Firstly, they’re big. A full grown large (or common) hippo enters the ring at a fighting weight of up to 4 tons. Even the pygmy hippo is a substantial 600 lbs fully grown. That’s a big pygmy, no? Interestingly, hippos are not big eaters, proportionately speaking. An adult common hippo eats only (!) about 80 lbs of grass and stuff per day, or about 1% of its bodyweight. A cow eats 2.5% of its own bodyweight. Maybe we should farm hippos instead of cows; much more efficient converters. That’s a joke, my urban warrior collective.
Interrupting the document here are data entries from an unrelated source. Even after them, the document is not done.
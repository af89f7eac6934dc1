// Behaviours of the code, whichever gates and values they have.

ghost use Rattle.std.specs.Prelude.{◌≡◌, map};
ghost use Rattle.spec_core.specs.Code.{program_of, relabelling_of};
ghost use Rattle.spec_core.specs.Ready.{IsReady};
ghost use Rattle.rule_origins.specs.Parts.{behaviour_at};
ghost use Rattle.symbolic_plans.specs.Plans.{Plan};
ghost use Rattle.node_trees.specs.Origins.{meaning, source_of};
ghost use Rattle.candidate_count.specs.Places.{placed, renamed_by, renamed_once};
ghost use Rattle.candidate_count.specs.Predicates.{has_predicate};

use node_trees::origin::Origin;
use rule_origins::code::construct_at;
use spec_core::code::{Checked, CodeNode};
use spec_core::items::Gate;

/// A behaviour of the code. Gates and values aren't told.
#[derive(Clone, Copy)]
pub enum Place {
    /// The behaviour at this number.
    At(u32),
    /// The behaviour at this number under a relabelling.
    Renamed(u32),
    /// A call of the process with this number.
    Called(u32),
}

// The behaviour with this number of the code under a relabelling, tidied. It recurs as deep as relabellings nest.
fn renamed_place(checked: &Checked, number: u32) -> Place
    requires ready { IsReady (program_of checked.now) }
    ensures renamed { placed (program_of checked.now) result ≡ renamed_once (behaviour_at (program_of checked.now) number) }
{
    match construct_at(checked, number) {
        None => Place::Renamed(number),
        Some(construct) => match construct {
            CodeNode::Relabel(_, body) => renamed_place(checked, body.0),
            CodeNode::Call { process, .. } => Place::Called(*process),
            CodeNode::Stop
            | CodeNode::Exit(..)
            | CodeNode::Inner(..)
            | CodeNode::Act { .. }
            | CodeNode::Choice(..)
            | CodeNode::Guard(..)
            | CodeNode::Let(..)
            | CodeNode::Values(..)
            | CodeNode::Gates(..)
            | CodeNode::Par(..)
            | CodeNode::Hide(..)
            | CodeNode::Enable(..)
            | CodeNode::Disable(..)
            | CodeNode::Process { .. } => Place::Renamed(number),
        },
    }
}

// The same under a relabelling that may be empty, which is none.
fn place_under(checked: &Checked, number: u32, pairs: &[(Gate, Gate)]) -> Place
    requires ready { IsReady (program_of checked.now) }
    ensures renamed { placed (program_of checked.now) result ≡
        renamed_by (map relabelling_of pairs.now) (behaviour_at (program_of checked.now) number) }
{
    match pairs {
        [] => Place::At(number),
        [_, ..] => renamed_place(checked, number),
    }
}

/// Where the code of an origin stands under the origin's relabelling. Along each plan it has a predicate where the behaviour that the
/// origin stands for has one.
pub fn place_of(checked: &Checked, origin: &Origin) -> Place
    requires ready { IsReady (program_of checked.now) }
    ensures alike { (p : Plan) → has_predicate (program_of checked.now) p (placed (program_of checked.now) result) ≡
        has_predicate (program_of checked.now) p (meaning (program_of checked.now) (source_of origin.now)) }
{
    place_under(checked, origin.node, &origin.relabel)
}
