// What is listed of the composites that are sought.
fn listed_for(branch: &Branch, sought: &Sought) -> Listed
    ensures { result ≡ listed_for (sought_in sought.now) (shape_of branch.now) }
{
    match sought {
        Sought::Every => if some_waits(branch) {
            Listed::All
        } else {
            Listed::Pruned
        },
        Sought::These(_) => Listed::Pruned,
    }
}

/// Whether some of a node's own composites is of an action that is sought, and may come up.
pub(crate) fn is_some_kept(
    composites: &[OpenComposite],
    sought: &Sought,
    joining: Joining<'_, '_>,
) -> bool
    ensures { result ≡ has_made (map made
        (filter (λ p. is_kept (sought_in sought.now) (joining_of joining.entry) p.kind) (map open_plan_of composites.now))) }
{
    for composite in composites {
        if joining.lets(composite.kind) && sought.seeks(composite.kind) {
            return true;
        }
    }
    false
}

// Appends what the operators above make of those of a node's own composites whose actions are sought, and may come up.
fn put_own<'a>(
    alloc: Global,
    composites: &'a [OpenComposite],
    sought: &Sought,
    joining: Joining<'a, '_>,
    context: &Context<'a, '_>,
    all: &mut Vec<Found<'a>>,
) -> Result<(), Memory>
    ensures { IfOk result (λ _. map found_of all.new.items ≡ map found_of all.old.items ++ all_through (turns_of context.now) (map made
        (filter (λ p. is_kept (sought_in sought.now) (joining_of joining.entry) p.kind) (map open_plan_of composites.now)))) }
{
    for composite in composites {
        if joining.lets(composite.kind) && sought.seeks(composite.kind) {
            put_through(alloc, context, Found::Composite(Given::Own(composite)), all)?;
        }
    }
    Ok(())
}

// Appends what the operators above make of those composites of a node whose actions are sought, and may come up; or of a gap, where gaps
// are listed.
#[inline(never)]
fn put_at_node<'a>(
    alloc: Global,
    node: &'a Node,
    listed: Listed,
    sought: &Sought,
    joining: Joining<'a, '_>,
    context: &Context<'a, '_>,
    all: &mut Vec<Found<'a>>,
) -> Result<(), Memory>
    ensures { IfOk result (λ _. map found_of all.new.items ≡ map found_of all.old.items ++ all_through (turns_of context.now)
        (kept_at listed (sought_in sought.now) (joining_of joining.entry) (held_of node.now).generation (held_of node.now).work)) }
{
    match &node.work {
        None => if listed.has_gaps() {
            let gap = Found::Gap(node.generation, Vec::new(alloc));
            put_through(alloc, context, gap, all)
        } else {
            Ok(())
        },
        Some(expansion) => { put_own(alloc, &expansion.composites, sought, joining, context, all) }
    }
}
Incidentally, a hippo calf is born weighing about 80 lbs, after an amazingly short gestation of only eight months. The mother may give birth on land or in the water, which is where the idea of the human birthing pool came from I guess. A newborn hippo can hold its breath for about 40 seconds, or so I was told. Adults are even better at this. If you watch a slow moving river, you can often see v-shaped wakes on the surface, caused by hippos wandering down the riverbed. Hippos don’t float, so they can walk on the bottom. It’s like watching a small phantom flotilla topside.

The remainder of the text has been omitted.